Molecular Cell Biology 4

Microscopic imaging and technology (5.03.04)

Principal investigators

Prof. Dr H.J. Tanke, Prof. Dr A.J. Koster, Dr K. Szuhai, Dr P. Corstjens, Dr J. Vrolijk, Dr R.W. Dirks, Dr C.R. Jost, Dr. Ir. F.G.A. Faas, Dr. M. Barcena

Aim and focus

The aim of this research program is to develop and/or adapt microscopic imaging methods, instrumentation and fluorescent labeling technologies to study the molecular composition of tissues, cells and subcellular compartments. The program involves both light and electron microscopy and supports projects within the realm of both cell and structural biology.

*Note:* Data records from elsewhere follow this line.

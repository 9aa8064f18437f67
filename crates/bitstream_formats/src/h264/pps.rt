//! Picture parameter sets (section 7.3.2.2).

ghost use Rattle.std.specs.Prelude.{◌≡◌};
ghost use Rattle.bitstream_formats.specs.ScalingLists.{lists_of_picture};

use super::H264Error;
use super::scaling::read_scaling_lists;
use super::sets::{ParameterSets, PictureSet, SequenceSet};
use crate::element::Syntax;
use crate::nal::{read_se, read_ue};
use bitstream_io::BE;

/// Reads a picture parameter set and returns its number. The last 1 of the unit is at `last`.
pub(super) fn read_pps(
    syntax: &mut Syntax<'_, '_, '_, BE>,
    sets: &ParameterSets,
    last: u64,
) -> Result<(u32, PictureSet), H264Error> {
    let number = read_ue(syntax, "pic_parameter_set_id")?;
    if number > 255 {
        return Err(H264Error::PictureNumber(number));
    }
    let named = read_ue(syntax, "seq_parameter_set_id")?;
    let Some(sequence) = sets.sequence(named) else {
        return Err(H264Error::MissingSequence(named));
    };
    let mut set = read_common(syntax, named)?;
    if syntax.place() < last {
        set.large_transform = read_more(syntax, &sequence)?;
    }
    Ok((number, set))
}

/// Reads the elements that each set has after its two numbers. The second number is `sequence`.
fn read_common(
    syntax: &mut Syntax<'_, '_, '_, BE>,
    sequence: u32,
) -> Result<PictureSet, H264Error> {
    let arithmetic = syntax.flag("entropy_coding_mode_flag")?;
    let bottom_order = syntax.flag("bottom_field_pic_order_in_frame_present_flag")?;
    if read_ue(syntax, "num_slice_groups_minus1")? > 0 {
        return Err(H264Error::SliceGroups);
    }
    let first = read_ue(syntax, "num_ref_idx_l0_default_active_minus1")?;
    let second = read_ue(syntax, "num_ref_idx_l1_default_active_minus1")?;
    let weighted_one = syntax.flag("weighted_pred_flag")?;
    let weighted_both = syntax.number("weighted_bipred_idc", 2)?;
    read_se(syntax, "pic_init_qp_minus26")?;
    read_se(syntax, "pic_init_qs_minus26")?;
    read_se(syntax, "chroma_qp_index_offset")?;
    let deblocking = syntax.flag("deblocking_filter_control_present_flag")?;
    syntax.flag("constrained_intra_pred_flag")?;
    let redundant_count = syntax.flag("redundant_pic_cnt_present_flag")?;
    Ok(PictureSet {
        sequence,
        large_transform: false,
        arithmetic,
        bottom_order,
        last_references: [first, second],
        weighted_one,
        weighted_both,
        deblocking,
        redundant_count,
    })
}

/// Returns the number of scaling lists that a picture parameter set may have.
fn lists_of(sequence: &SequenceSet, large_transform: bool) -> u32
    ensures { result ≡ lists_of_picture sequence.now.chroma_format large_transform }
{
    match (large_transform, sequence.chroma_format) {
        (false, _) => 6,
        (true, 3) => 12,
        (true, _) => 8,
    }
}

/// Reads the elements of the high profiles. Returns true if the transform of 8x8 samples is used.
fn read_more(
    syntax: &mut Syntax<'_, '_, '_, BE>,
    sequence: &SequenceSet,
) -> Result<bool, H264Error> {
    let large = syntax.flag("transform_8x8_mode_flag")?;
    if syntax.flag("pic_scaling_matrix_present_flag")? {
        let count = lists_of(sequence, large);
        read_scaling_lists(syntax, "pic_scaling_list_present_flag", count)?;
    }
    read_se(syntax, "second_chroma_qp_index_offset")?;
    Ok(large)
}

Examples include the use of two-photon or confocal laser scanning microscopy to study molecular dynamics in living cells using FRET/FRAP techniques, time-lapse fluorescence imaging of living cells, two-photon intravital microscopy of small laboratory animals, digital fluorescence workstations to perform 48 colour FISH karyotyping in case of malignancies and pre/postnatal abnormalities. For high-resolution (nm-scale) ultrastructural studies, the core electron microscopic imaging tools include (cryo) transmission electron microscopy (TEM) with energy-filtering, (cryo) scanning electron microscopy (SEM) and electron tomography for the 3D imaging of cellular organelles and macromolecules. Ongoing technical developments aim at improving specimen preparation and labeling techniques and advancing further automation of methodologies. A key focus is correlative light-electron microscopy, which allows the combination of high-resolution imaging by electron microscopy with live-cell dynamic imaging by fluorescence light microscopy. In addition, the group develops new fluorescent reporter molecules (such as luminescent crystals that are used in point-of care-tests using lab-on-a-chip devices), cytochemical staining procedures and dedicated software for cell and structural analysis. Applications of microscopic imaging and technology range from fundamental cell biological studies, imaging the cellular ultrastructure and/or dynamics with electron microscopy or live cell microscopy to diagnostic applications of multi-colour FISH and fluorescence reporter technology in case of oncology, genetics and infectious diseases. 

Position in international context

The group has an international reputation due to its pioneering role in the development of multicolour FISH techniques, fluorescence microscopy and microscopy automation, cryo-electron tomography and correlative microscopy. Consequently, the group has organized many EMBO workshops (on FISH technology), Marie Curie courses (on genomic profiling), EMBO courses (on electron tomography) and was part of the 3D EM European Network of Excellence (LSHG-CT-2004-502828). In addition, the Section electron microscopy participates in the European Euro-Bioimaging initiative aimed organizing open-access microscopy infrastructure on a European level. This section is also associated with Instruct, a European ESFRI program aimed at organizing access to structural biology imaging infrastructure. In March 2012 the electron microscopy section will organize the next Instruct meeting in Leiden.

Content / highlights / achievements

  • Discovery of a new role of the NFATc2 gene in a Ewing sarcoma variant (with Department of Pathology)
  • Development of lab-on-a-chip systems for point of care (POC) diagnosis
  • An intravital multi-photon microscopy system has been made available for investigation of small laboratory animals and is currently used by several LUMC groups.
  • Room-temperature dual-axis tilt electron tomography of cryo-immobilized SARS-virus infected vero cells (with Department of Virology);
  • Construction of a light-microscope system enabling fluorescence imaging of cryofixed biological specimens prior to observation with cryo-electron microscopy (e.g. von Willebrand Factor with the Thrombosis and Hemostasis group).
  • Insight in the structure and replication of coronavirussen (see Knoops et al, and Barcena et al)); (collaboration with Department of Virology)
  • In 2010 a patent on an integrated light-electron microscope of which Bram Koster is one of the inventors was filed for the American market. A prototype of that instrument was installed in 2010 in the section EM.
  • Application of COBRA technology in a study by the Medema group (Utrecht) showing that segregation errors can cause translocations and whole-chromosome instability in tumorigenesis (jointly published in Science 2011 30; 1895-8).

Future themes

Several approaches to combine fluorescence light microscopy with high-resolution cryo-electron tomography are in development, focusing on identifying and imaging molecular assemblies in situ without chemical or gold labeling pretreatments. The group has been involved in the development of a prototype “integrated Light and Electron Microscope-iLEM” platform (to be produced by the company FEI). Last year MCB has acquired a CW-STED microscope to explore the utility of super-resolution light microscopy for the LUMC. 

Cohesion within LUMC

The light and electron microscopy facilities are extensively used for collaborative projects within the LUMC. Important themes of collaborative research are genetics, pathology, oncology, hematology and infectious diseases.